1. Nos termos da Lei, a Comissão de Acompanhamento da Privatização da TAP já devia ter sido criada, formada por gente competente e independente. A ausência desta Comissão ou a sua constituição marada criarão incidentes de fronteira inúteis e perniciosos.

2. Ao privatizar parte minoritária do capital, o Governo abre compromisso com posterior privatização a 100%, como aconteceu com Brussels, ITA e SAS? Ou é privatização minoritária sem esta garantia?

3. O Governo privatiza parte minoritária de uma empresa pública sujeita ao regime legal próprio, na origem das ‘urgências imperiosas’ como aconteceu com a atual TAP [ver a seguir]? Luis Gallego, CEO do IAG afirma o que pensam os CEO’s do Grupo Lufthansa e AF/KLM: «Temos de ver as condições e a liberdade que teremos para gerir a companhia, porque para termos as margens que temos no grupo é porque fazemos as coisas certas, que teremos de fazer também na companhia» (2025.02.28, Eco).

4. Veio a público a contradição entre o estatuto de empresa pública TAP e a regulação europeia de 1993, concebida para empresas adaptáveis às exigências do Mercado Único do Transporte Aéreo. Os destaques do Eco (2025.06.cc) são claros: i) «Atual e ex-presidente da TAP sancionados de novo pelo Tribunal de Contas», ii) «Em causa estão contratos com um valor global de 472,9 milhões de euros relativos à aquisição de jet fuel, seguros de trabalho ou serviços de catering», iii) Companhia justifica com «urgência imperiosa». Ou ficamos pelo otimismo opinativo do Expresso: «O interesse dos principais candidatos à privatização da TAP […] mantém-se de pedra e cal, e tudo aponta para que não seja beliscado pelo facto de o Governo ter decidido avançar com a venda de uma posição minoritária». O ‘tudo aponta’ é delicioso.

5. Estatuto do pessoal e pendência de centenas de contratos nulos que desvalorizam a empresa.

6. Enquanto houver TAP, manter a base da empresa em Lisboa é óbvio. Diferente é o caso do tráfego de hub em Lisboa entre Europa, Brasil, América do Norte e África Ocidental, que depende da competitividade da TAP em o captar. O Governo não está em condições de ‘exigir’ manter o hub de Lisboa. Tem é de acordar para a realidade do mercado e ‘garantir’ à TAP as condições para ser competitiva face à concorrência. Manter o regime de empresa pública e a inacreditável demora na fronteira Schengen de Lisboa ameaçam o hub e são da estrita responsabilidade do Governo. A crescente comunidade brasileira cria vantagem comparativa com tráfego ponto a ponto que complementa o de hub.
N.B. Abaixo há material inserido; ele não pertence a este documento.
//! The marks: which nodes are wanted, which wait for which rows, and which can run.

ghost use Rattle.std.specs.Prelude.{◌^◌, ◌&&◌, ◌||◌, nat_eq, not, ◌≡◌, ◌↔◌, ◌≤◌, ◌<◌, ◌+◌, ◌++◌, ◌∷◌, [], ℕ, true, false};
ghost use Rattle.std.specs.Prelude.{IfOk, IfSome, MatchOption, None, Ok, OnErr, OnOk, Option, Some, length, slice_get, slice_set, is_some};
ghost use Rattle.ciel_journal.specs.Job.{In};
ghost use Rattle.ciel_want_marks.specs.Lists.{Rising, at, entry, flag};
ghost use Rattle.ciel_want_marks.specs.Marks.{Active, MarksSeen};
ghost use Rattle.ciel_want_marks.specs.Moves.{AddsRight, CanGoOut, ClosesRight, EndsPartly, GoesOn, KeepsRight, ListedAt, LooksAt};
ghost use Rattle.ciel_want_marks.specs.Moves.{MakesDead, NotAdded, NotPlaced, Opens, Placed, PlacesRight};
ghost use Rattle.ciel_want_marks.specs.Moves.{SameGraph, SettledAt, UnlistedAt, filed, filed_under, grown, is_none, lacking, left_of, made_live, wants};
ghost use Rattle.ciel_want_marks.specs.Moves.{wants_makers, wants_some, watched};

use crate::lists::{
    entry_at, first_of, flag, list_at, push_at, put_at, set_flag, settle_at, take_at,
};
use crate::numbers::Numbers;
use crate::rising::RisingNumbers;
use sky_base::text::Memory;
use std::alloc::Global;
use std::marker::Model;

/// The marks of a graph of tasks. Contracts see them as lists by number.
pub struct Marks {
    pub(crate) alloc: Global,
    pub(crate) live: Vec<bool>,
    pub(crate) makers: Vec<Option<u32>>,
    pub(crate) watchers: Vec<Numbers>,
    pub(crate) wanted: Vec<bool>,
    pub(crate) out: Vec<bool>,
    pub(crate) touched: Vec<bool>,
    pub(crate) makes: Vec<Numbers>,
    pub(crate) lacks: Vec<Numbers>,
    pub(crate) list: RisingNumbers,
    pub(crate) todo: Numbers,
    pub(crate) orphans: bool,
}

// Written by hand, so that marks that are let go of are one call and not a list of fields.
impl Drop for Marks {
    fn drop(self) {
        let Marks {
            alloc: _,
            live: _,
            makers: _,
            watchers: _,
            wanted: _,
            out: _,
            touched: _,
            makes: _,
            lacks: _,
            list: _,
            todo: _,
            orphans: _,
        } = self;
    }
}

impl Model for Marks {
    ghost use Rattle.ciel_want_marks.specs.Marks.{MarksSeen};

    ghost Value = { MarksSeen };

    ghost view = { λ m. record {
      live = m.live.items;
      makers = m.makers.items;
      watchers = m.watchers.items;
      wanted = m.wanted.items;
      out =
          m.out.items;
      touched = m.touched.items;
      makes = m.makes.items;
      lacks = m.lacks.items;
      list = m.list;
      todo = m.todo;
      orphans = m.orphans;
    } };
}

pub(crate) fn push<T: Drop>(items: &mut Vec<T>, item: T) -> Result<(), Memory>
    ensures { OnOk result (items.new.items ≡ items.old.items ++ item ∷ []) }
{
    match items.push(item) {
        Ok(()) => Ok(()),
        Err(_) => Err(Memory),
    }
}
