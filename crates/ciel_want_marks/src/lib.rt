//! Which tasks of a graph can run, kept from one change to the next, so that a turn costs as much as what changed. Tasks and the names
//! that they wait for are numbers here; whose they are is known by those that use it.
#![tactic(auto)]

mod begin;
mod lists;
pub mod marks;
pub mod numbers;
pub mod rising;
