//! The pieces of an output that is read while it is made: the rule of their channel, its two ends, the run of an executor that hands out
//! its output in pieces, and the run of another that is fed with them.
#![tactic(auto)]

pub mod begin;
pub mod ends;
pub mod follow;
pub mod law;
pub mod lead;
pub mod piece;
pub mod rule;
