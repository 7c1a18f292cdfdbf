//! The two ends of a stream of pieces. One who has to wait waits; whatever comes back is put again.

ghost use Rattle.std.specs.Prelude.{◌≡◌, ◌++◌, [], ◌∷◌, IfOk};
ghost use Rattle.crossbeam_channel.specs.Claims.{view, IsSeatAt};
ghost use Rattle.crossbeam_channel.specs.Ends.{sends_on, receives_on};
ghost use Rattle.ciel_flow_pieces.specs.declared.piece.Piece.TheVariants.{Broken};
ghost use Rattle.ciel_flow_pieces.specs.Pieces.{AllParts, HasPut, HasTaken, LawOf, MayPut, MayTake};

use crate::piece::{Knows, Piece};
use crate::rule::{Begins, Law, Origin, Puts, Takes};
use crossbeam_channel::{Pass, RuledReceiver, RuledSender, bounded_with};
use sky_base::text::Txt;
use sky_base::value::Value;
use std::alloc::{AllocError, Global};
use std::marker::Model;
use std::sync::Wait;

/// How many pieces may lie in a stream. A part has at most 65,536 bytes, so at most eight times as many bytes of an output lie there.
pub const ROOM: usize = 8;

// Puts a piece, and tries again for as long as it comes back.
fn send<R: Wait>(
    rt: &R,
    to: &RuledSender<Piece, Knows, Law>,
    pass: &mut Pass<Piece, Knows>,
    mut piece: Piece,
)
    requires seat { IsSeatAt (sends_on to.now) pass.old }
    requires may { MayPut (view pass.old) piece }
    ensures seat { IsSeatAt (sends_on to.now) pass.new }
    ensures put { HasPut (view pass.old) piece (view pass.new) }
{
    for _ in rt.forever() {
        match to.send_as::<Puts, R>(rt, pass, piece) {
            Ok(()) => return,
            Err(error) => piece = error.into_inner(),
        }
    }
    unreachable!()
}

// Takes the next piece, and waits for it.
fn receive<R: Wait>(
    rt: &R,
    from: &RuledReceiver<Piece, Knows, Law>,
    pass: &mut Pass<Piece, Knows>,
) -> Piece
    requires seat { IsSeatAt (receives_on from.now) pass.old }
    requires may { MayTake (view pass.old) }
    ensures seat { IsSeatAt (receives_on from.now) pass.new }
    ensures taken { HasTaken (view pass.old) result (view pass.new) }
{
    for _ in rt.forever() {
        if let Ok(piece) = from.recv_as::<Takes, R>(rt, pass) {
            return piece;
        }
    }
    unreachable!()
}

/// The end that puts. Contracts see what the stream is of, and the pieces that were put.
pub struct Producer {
    to: RuledSender<Piece, Knows, Law>,
    pass: Pass<Piece, Knows>,
}

impl Model for Producer {
    ghost use Rattle.std.specs.Prelude.{◌≡◌};
    ghost use Rattle.std.specs.Coded.{codes};
    ghost use Rattle.sky_base.specs.Code.{pairs_code, val_code, vals_code};
    ghost use Rattle.crossbeam_channel.specs.Claims.{IsSeatAt};
    ghost use Rattle.crossbeam_channel.specs.Ends.{sends_on};
    ghost use Rattle.ciel_flow_pieces.specs.Pieces.{LawOf, StreamSeen, known, producer_seen};
    ghost use Rattle.ciel_flow_pieces.specs.declared.piece.Role.TheVariants.{Producer as IsProducer};

    ghost Value = { StreamSeen };

    ghost coded = { Prim.hlevel (codes, val_code, vals_code, pairs_code) };

    ghost view = { λ p. producer_seen (known p.pass) };

    ghost invariant = { λ p. IsSeatAt (sends_on p.to) p.pass × ((known p.pass).role ≡ IsProducer) × LawOf (known p.pass).source (known p.pass).put };
}

impl Drop for Producer {
    fn drop(self) {
        let Producer { to: _, pass: _ } = self;
    }
}

/// The end that takes. Contracts see what the stream is of, and the pieces that were taken.
pub struct Follower {
    from: RuledReceiver<Piece, Knows, Law>,
    pass: Pass<Piece, Knows>,
}

impl Model for Follower {
    ghost use Rattle.std.specs.Prelude.{◌≡◌};
    ghost use Rattle.std.specs.Coded.{codes};
    ghost use Rattle.sky_base.specs.Code.{pairs_code, val_code, vals_code};
    ghost use Rattle.crossbeam_channel.specs.Claims.{IsSeatAt};
    ghost use Rattle.crossbeam_channel.specs.Ends.{receives_on};
    ghost use Rattle.ciel_flow_pieces.specs.Pieces.{LawOf, StreamSeen, known, follower_seen};
    ghost use Rattle.ciel_flow_pieces.specs.declared.piece.Role.TheVariants.{Follower as IsFollower};

    ghost Value = { StreamSeen };

    ghost coded = { Prim.hlevel (codes, val_code, vals_code, pairs_code) };

    ghost view = { λ p. follower_seen (known p.pass) };

    ghost invariant = { λ p. IsSeatAt (receives_on p.from) p.pass × ((known p.pass).role ≡ IsFollower) × LawOf (known p.pass).source (known p.pass).taken };
}

impl Drop for Follower {
    fn drop(self) {
        let Follower { from: _, pass: _ } = self;
    }
}

/// The two ends of one stream, of the output that the call picks by these: of an executor's call, of what its inputs are told by, and of
/// what these belong to.
///
/// Answers `AllocError` for want of memory.
pub fn stream<S: Origin, I, J>(
    alloc: Global,
    executor: &Txt,
    args: &Value,
    outputs: u32,
    index: u32,
    inputs: &I,
    of: &J,
) -> Result<(Producer, Follower), AllocError>
    ensures { IfOk result (λ r. (r.0 ≡ record { source = S.source; pieces = [] }) × (r.1 ≡ record { source = S.source; pieces = [] })) }
{
    let _ = executor;
    let _ = args;
    let _ = outputs;
    let _ = index;
    let _ = inputs;
    let _ = of;
    let (to, from, mut pass) = bounded_with::<Piece, Knows, Law, Global>(alloc, ROOM)?;
    let other = to.another::<Begins<S>>(&mut pass);
    Ok((Producer { to, pass }, Follower { from, pass: other }))
}

impl Producer {
    /// Puts a piece, and waits where there is no room. It takes no memory.
    pub fn put<R: Wait>(&mut self, rt: &R, piece: Piece)
        requires may { AllParts self.old.pieces }
        requires law { LawOf self.old.source (self.old.pieces ++ piece ∷ []) }
        ensures put { self.new ≡ record { source = self.old.source; pieces = self.old.pieces ++ piece ∷ [] } }
    {
        send(rt, &self.to, &mut self.pass, piece);
    }

    /// Puts that there is no output, or no more of it. It takes no memory.
    pub fn give_up<R: Wait>(&mut self, rt: &R)
        requires may { AllParts self.old.pieces }
        ensures put { self.new ≡ record { source = self.old.source; pieces = self.old.pieces ++ Broken ∷ [] } }
    {
        send(rt, &self.to, &mut self.pass, Piece::Broken);
    }
}

impl Follower {
    /// The next piece, which it waits for. It takes no memory.
    pub fn take<R: Wait>(&mut self, rt: &R) -> Piece
        requires more { AllParts self.old.pieces }
        ensures taken { self.new ≡ record { source = self.old.source; pieces = self.old.pieces ++ result ∷ [] } }
        ensures law { LawOf self.new.source self.new.pieces }
    {
        receive(rt, &self.from, &mut self.pass)
    }
}
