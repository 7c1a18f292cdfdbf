//! What the rule of a stream says of the bytes that lie there.

ghost use Rattle.ciel_flow_pieces.specs.Pieces.{FewLieThere};

/// Whatever was put and taken, the pieces that lie in a stream have at most 65,536 bytes each: eight have at most 524,288.
pub fn few_bytes_lie_there()
    ensures { FewLieThere }
{}
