//! The running core, its clients and the seven calls.
#![tactic(auto)]

mod client;
mod cores;

pub use client::Client;
pub use cores::{Core, Grab};
pub use model::Read;
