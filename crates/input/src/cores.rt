ghost use Rattle.std.specs.Prelude.{◌≡◌, ◌<◌, true};

use seats::{SeatNumber, Seats};

mod calls;
mod grabs;
mod grounds;
mod reads;

/// One device's core: its state, the reports ended, and the seats of its clients. Contracts speak of it as `shown`, and it has no `Model`: in one's terms they could not say
/// that on a refusal the memory itself is as it was. So it is with clients, keyboards and what stands on them.
#[derive(Drop)]
pub struct Core<P> {
    device: u16,
    state: P,
    // reports ended, and the time of the last
    reports: u32,
    time: u64,
    // whether a report is open: a flag, and not the number of the open one, which is one more than `reports`
    reporting: bool,
    // the seat that holds the grab
    holder: Option<SeatNumber>,
    seats: Seats,
    ghost room: { (reporting ≡ true → reports < 4294967295) },
}

/// A grab of a device by a seat. Only `grab` makes one, and it has to be handed to `release`. Two fields, and no struct shared with a call, whose seat may be any number.
pub struct Grab {
    device: u16,
    seat: SeatNumber,
}
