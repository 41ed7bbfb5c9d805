ghost use Rattle.std.specs.Prelude.{◌≡◌};
ghost use Rattle.model.specs.Core.{is_open};
ghost use Rattle.model.specs.Calls.{shut};
ghost use Rattle.input.specs.Clients.{held, fresh, reply};
ghost use Rattle.model.specs.Answers.{as_read};

use events::Item;
use model::{Phase, Read};
use parts::Part;
use seats::SeatNumber;

/// A reader's side of a seat: its picture of the device, and what it is at. It cannot be copied. All five stand at all times, as in the definitions of the calls.
#[derive(Drop)]
pub struct Client<P> {
    // device and seat are those that it was opened with last: beside the phase, since inside it every change of phase would have to carry them over
    pub(crate) device: u16,
    pub(crate) seat: SeatNumber,
    pub(crate) state: P,
    pub(crate) target: P,
    pub(crate) phase: Phase,
}

impl<P: Part> Client<P> {
    /// A client that is not open.
    pub fn new() -> Client<P>
        ensures { held result ≡ fresh P.Part.means }
    {
        Client {
            device: 0,
            seat: SeatNumber::FIRST,
            state: P::empty(),
            target: P::empty(),
            phase: Phase::NotOpen,
        }
    }

    /// The client's picture of the device.
    pub fn state(&self) -> &P
        ensures { result.now ≡ (held self.now).state }
    {
        &self.state
    }

    /// Whether the client is open, here or elsewhere.
    pub fn is_open(&self) -> bool
        ensures { result ≡ is_open (held self.now).phase }
    {
        self.phase != Phase::NotOpen
    }

    // Makes the client one that is not open, and forgets what it held.
    pub(crate) fn shut(&mut self)
        ensures { held self.new ≡ shut P.Part.means (held self.old) }
    {
        self.phase = Phase::NotOpen;
        self.state = P::empty();
        self.target = P::empty();
    }

    // What a read answers in this phase to the item taken, if any.
    pub(crate) fn answer(&mut self, item: Option<Item>) -> Read
        ensures value { as_read result ≡ (reply P.Part.means (held self.old) item (held self.old).phase).answer }
        ensures after { held self.new ≡ (reply P.Part.means (held self.old) item (held self.old).phase).client }
    {
        match (&mut self.phase, item) {
            (Phase::InStep, Some(i)) if i.is_loss_mark() => {
                self.phase = Phase::Lost;
                Read::Skipped(i)
            }
            (Phase::InStep, Some(i)) => {
                self.state.take(i.event);
                Read::Live(i)
            }
            (Phase::Lost, Some(i)) => {
                if i.is_report_end() {
                    self.phase = Phase::Due;
                }
                Read::Skipped(i)
            }
            (&mut Phase::CatchingUp { number, time }, _) => {
                match parts::step(&mut self.state, &self.target) {
                    Some(event) => Read::CaughtUp(Item {
                        event,
                        time,
                        number,
                    }),
                    None => {
                        self.phase = Phase::InStep;
                        Read::CaughtUp(Item::report_end(time, number))
                    }
                }
            }
            (Phase::NotOpen | Phase::InStep | Phase::Lost | Phase::Due, _) => Read::Nothing,
        }
    }
}
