// What can be wrong with a text, in words for people.
use notation::problems::{Missing, Problem as SharedProblem};
use notation::quotes::Quote;
use std::fmt;

// What should have stood in a place.
#[derive(Clone, Copy)]
pub enum Expected {
    Claim,
    Memory,
    Part,
    PartOrNothing,
    CommaOrLine,
    Entry,
    EntryOrNothing,
    EntryOrClaim,
    EqualsOrArrow,
    Name,
    Place,
}

#[derive(Clone, Copy)]
pub enum Problem<'a> {
    // one that a question can have as well
    Shared(SharedProblem<'a>),
    Missing(Missing<'a, Expected>),
    ManyNames(Quote<'a>),
    // a name of the claim that the memory gives no place
    NoPlace(Quote<'a>),
    NameTwice(Quote<'a>),
    NoNumber(Quote<'a>),
    LargeNumber(Quote<'a>),
    CellNowhere,
    CellTwice(u32),
    ManyCells,
}

pub type Error<'a> = notation::Error<Problem<'a>>;

impl fmt::Display for Expected {
    fn fmt<W: fmt::Write>(&self, f: &mut fmt::Formatter<W>) -> fmt::Result {
        f.write_str(match self {
            Expected::Claim => "`claim`",
            Expected::Memory => "another part or `memory`",
            Expected::Part => "`same`, `other`, `cell` or `row`",
            Expected::PartOrNothing => "`same`, `other`, `cell`, `row` or `nothing`",
            Expected::CommaOrLine => "`,` or a new line",
            Expected::Entry => "an entry as `a = 1` or `1 -> 2`",
            Expected::EntryOrNothing => "an entry as `a = 1` or `1 -> 2`, or `nothing`",
            Expected::EntryOrClaim => "another entry or the next `claim`",
            Expected::EqualsOrArrow => "`=` or `->`",
            Expected::Name => "a name before `=`",
            Expected::Place => "a place",
        })
    }
}

impl<'a> From<Missing<'a, Expected>> for Problem<'a> {
    fn from(missing: Missing<'a, Expected>) -> Problem<'a> {
        Problem::Missing(missing)
    }
}

// A claim has no more names than a question, and it is told of the claim.
impl<'a> From<SharedProblem<'a>> for Problem<'a> {
    fn from(problem: SharedProblem<'a>) -> Problem<'a> {
        match problem {
            SharedProblem::ManyNames(name) => Problem::ManyNames(name),
            problem => Problem::Shared(problem),
        }
    }
}

impl fmt::Display for Problem<'_> {
    fn fmt<W: fmt::Write>(&self, f: &mut fmt::Formatter<W>) -> fmt::Result {
        match self {
            Problem::Shared(problem) => write!(f, "{problem}"),
            Problem::Missing(missing) => write!(f, "{missing}"),
            Problem::ManyNames(name) => write!(
                f,
                "{name} is one name too many: a claim has at most 64 names, counting nowhere"
            ),
            Problem::NoPlace(name) => write!(f, "the memory doesn't say what {name} stands for"),
            Problem::NameTwice(name) => write!(
                f,
                "the memory says for the second time what {name} stands for"
            ),
            Problem::NoNumber(word) => write!(
                f,
                "expected a place, found {word}: a place is a number from 1, or `nowhere`"
            ),
            Problem::LargeNumber(word) => write!(
                f,
                "the place {word} is too large: the largest is 4294967295"
            ),
            Problem::CellNowhere => f.write_str("no cell can be nowhere: places count from 1"),
            Problem::CellTwice(place) => write!(
                f,
                "there is a cell at {place} already: a place has at most one"
            ),
            Problem::ManyCells => f.write_str("one cell too many: a memory has at most 16384"),
        }
    }
}
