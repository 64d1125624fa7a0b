// The cases of a text, one after another: each a claim and a memory. An error in one of them does not lose the
// others.
ghost use Rattle.std.specs.Prelude.{◌≡◌, length, IfOk, OnOk};
ghost use Rattle.claims.specs.Meaning.{claim_of, question_of};
ghost use Rattle.claims.specs.Words.{Limits};
ghost use Rattle.memory.specs.Checking.{IsClaim};
ghost use Rattle.notation.specs.Steps.{Goes};
ghost use Rattle.memory_notation.specs.Reading.{Advances, Gives, WellRead};

use crate::claim_texts::parts;
use crate::items::{Sort, peek, take};
use crate::memory_texts::read_entries;
use crate::problems::{Error, Expected};
use crate::stops::Stop;
use claims::Question;
use notation::Asked;
use notation::cursors::Cursor;
use notation::drafts::Draft;
use notation::numbering::numbered;
use notation::scans::Scan;
use notation::tokens::Kind;
use std::alloc::{AllocError, Global};

// A claim and a memory that stood in a text.
#[derive(Drop)]
pub struct Case<'a> {
    // the claim is the first of this question, and the second says nothing
    pub asked: Asked<'a>,
    // how many names there are, and then the claim's words
    pub claim: Vec<u32>,
    // the place that each name stands for
    pub names: Vec<u32>,
    // two words for each cell
    pub memory: Vec<u32>,
}

#[derive(Clone, Copy)]
pub struct Cases<'a> {
    cursor: Cursor<'a>,
}

// How many names there are, and then the words of the claim: those of the question up to its second claim.
fn claim_words(heap: Global, question: &Question) -> Result<Vec<u32>, AllocError>
    requires { Limits (question_of question.now) }
    ensures { IfOk result (λ v. IsClaim v.items question.now.names (claim_of question.now.first)) }
{
    let claim = &question.first;
    let most = 3 + 3 * (claim.pures.len() + claim.atoms.len());
    let mut words = question.words(heap)?;
    words.truncate(most);
    Ok(words)
}

// The parts of the claim after the word `claim`, with the names numbered, up to the word `memory`.
fn claim<'a>(scan: &mut Scan<'a>, heap: Global, line: usize) -> Result<Asked<'a>, Stop<'a>>
    ensures goes { OnOk result (Goes scan.old scan.new) }
    ensures limits { IfOk result (λ a. Limits (question_of a.question)) }
    ensures as_many { IfOk result (λ a. length a.names.items ≡ a.question.names) }
{
    let before = *scan;
    let item = take(scan);
    if item.sort != Sort::Claim {
        return Err(before.missing(Expected::Claim, before.last, item.token));
    }
    let draft = parts(scan, heap)?;
    let after = *scan;
    let item = take(scan);
    if item.sort != Sort::Memory {
        return Err(after.missing(Expected::Memory, after.last, item.token));
    }
    let none = Draft::new(heap);
    numbered(heap, before.text, line, &draft, &none).map_err(|stop| stop.told_as())
}

// The case that begins here, on this line.
fn read_case<'a>(scan: &mut Scan<'a>, heap: Global, line: usize) -> Result<Case<'a>, Stop<'a>>
    ensures { IfOk result WellRead }
{
    let asked = claim(scan, heap, line)?;
    let entries = read_entries(scan, heap, &asked)?;
    let item = peek(scan);
    if item.sort == Sort::Memory {
        return Err(scan.missing(Expected::EntryOrClaim, scan.last, item.token));
    }
    let claim = claim_words(heap, &asked.question)?;
    let names = entries.name_words(heap, &asked)?;
    let memory = entries.memory_words(heap)?;
    Ok(Case {
        asked,
        claim,
        names,
        memory,
    })
}

// Where the reading goes on after a fault at `at`: at the next `claim`.
fn recovered(text: &[u8], at: usize) -> usize {
    let mut scan = Scan::new(text, at);
    loop {
        let item = take(&mut scan);
        match item.sort {
            Sort::Claim | Sort::Shared(Kind::End) => return item.token.span.start,
            _ => {}
        }
    }
}

impl<'a> Cases<'a> {
    // Refuses what is too long to be read, or no text.
    pub fn new(text: &'a [u8]) -> Result<Cases<'a>, Error<'a>> {
        let cursor = Cursor::new(text).map_err(|e| e.told_as())?;
        Ok(Cases { cursor })
    }

    // The next case or the error in it, or `None` at the end of the text.
    pub fn next(&mut self, heap: Global) -> Result<Option<Result<Case<'a>, Error<'a>>>, AllocError>
        ensures same { self.new.cursor.text.now ≡ self.old.cursor.text.now }
        ensures gives { Gives result }
        ensures advances { Advances self.old result self.new }
    {
        let Some((mut scan, first)) = self.cursor.begin() else {
            return Ok(None);
        };
        let text = scan.text;
        let read = read_case(&mut scan, heap, self.cursor.line());
        let next = self
            .cursor
            .passed(first.span, scan.at, read, |at| recovered(text, at))?;
        Ok(Some(next))
    }
}
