// The words and signs of this notation: those of the notation for questions, and `claim`, `memory` and `->`.
// What reads them here are functions and no methods of `Scan`, since a crate can't add methods to another's type.
ghost use Rattle.std.specs.Prelude.{◌≡◌, ◌<◌, ◌≢◌};
ghost use Rattle.notation.specs.Steps.{Goes};
ghost use Rattle.memory_notation.specs.Items.{Advances};

use notation::Span;
use notation::scans::Scan;
use notation::tokens::{Kind, Token};

#[derive(Clone, Copy, PartialEq)]
pub enum Sort {
    Claim,
    Memory,
    // `->`
    Arrow,
    Shared(Kind),
}

impl Sort {
    // Does it end a claim or a memory?
    pub fn is_end(self) -> bool {
        matches!(self, Sort::Claim | Sort::Memory | Sort::Shared(Kind::End))
    }
}

#[derive(Clone, Copy)]
pub struct Item {
    pub sort: Sort,
    pub token: Token,
}

fn word_sort(word: &[u8]) -> Sort
    ensures { result ≢ Sort.Shared Kind.End }
{
    match word {
        b"claim" => Sort::Claim,
        b"memory" => Sort::Memory,
        _ => Sort::Shared(Kind::Name),
    }
}

// Takes the next word or sign.
pub fn take(scan: &mut Scan<'_>) -> Item
    ensures goes { Goes scan.old scan.new }
    ensures advances { Advances scan.old result scan.new }
{
    let token = scan.take();
    let Span { start, end } = token.span;
    match token.kind {
        Kind::Name => Item {
            sort: word_sort(token.span.of(scan.text)),
            token,
        },
        Kind::Strange if token.span.spells(scan.text, b"-") => {
            let mut next = *scan;
            let tip = next.take();
            if tip.span.start != end || !tip.span.spells(scan.text, b">") {
                return Item {
                    sort: Sort::Shared(Kind::Strange),
                    token,
                };
            }
            *scan = next;
            let end = tip.span.end;
            Item {
                sort: Sort::Arrow,
                token: Token {
                    kind: Kind::Arrow,
                    span: Span { start, end },
                },
            }
        }
        kind => Item {
            sort: Sort::Shared(kind),
            token,
        },
    }
}

// The next word or sign, which is not taken yet.
pub fn peek(scan: &Scan<'_>) -> Item {
    let mut next = *scan;
    take(&mut next)
}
7. Acordo bilateral entre Portugal e Brasil garante à TAP, e só à TAP, acesso a todos os aeroportos do Brasil e é crucial para o hub em Lisboa. O tráfego de hub em Lisboa com origem nos EUA e Canada é crucial para a TAP e tem sido descurada. Este tráfego é ameaçado pelo IAG que, desde 2019, quer promover Madrid a Grande Hub da Europa. É menos ameaçado pelo AF/KLM dada a maior distância a Paris. É complementar com o do Lufthansa Group, dado o afastamento de Francoforte, o que faz deste Grupo sério competidor à aquisição da TAP.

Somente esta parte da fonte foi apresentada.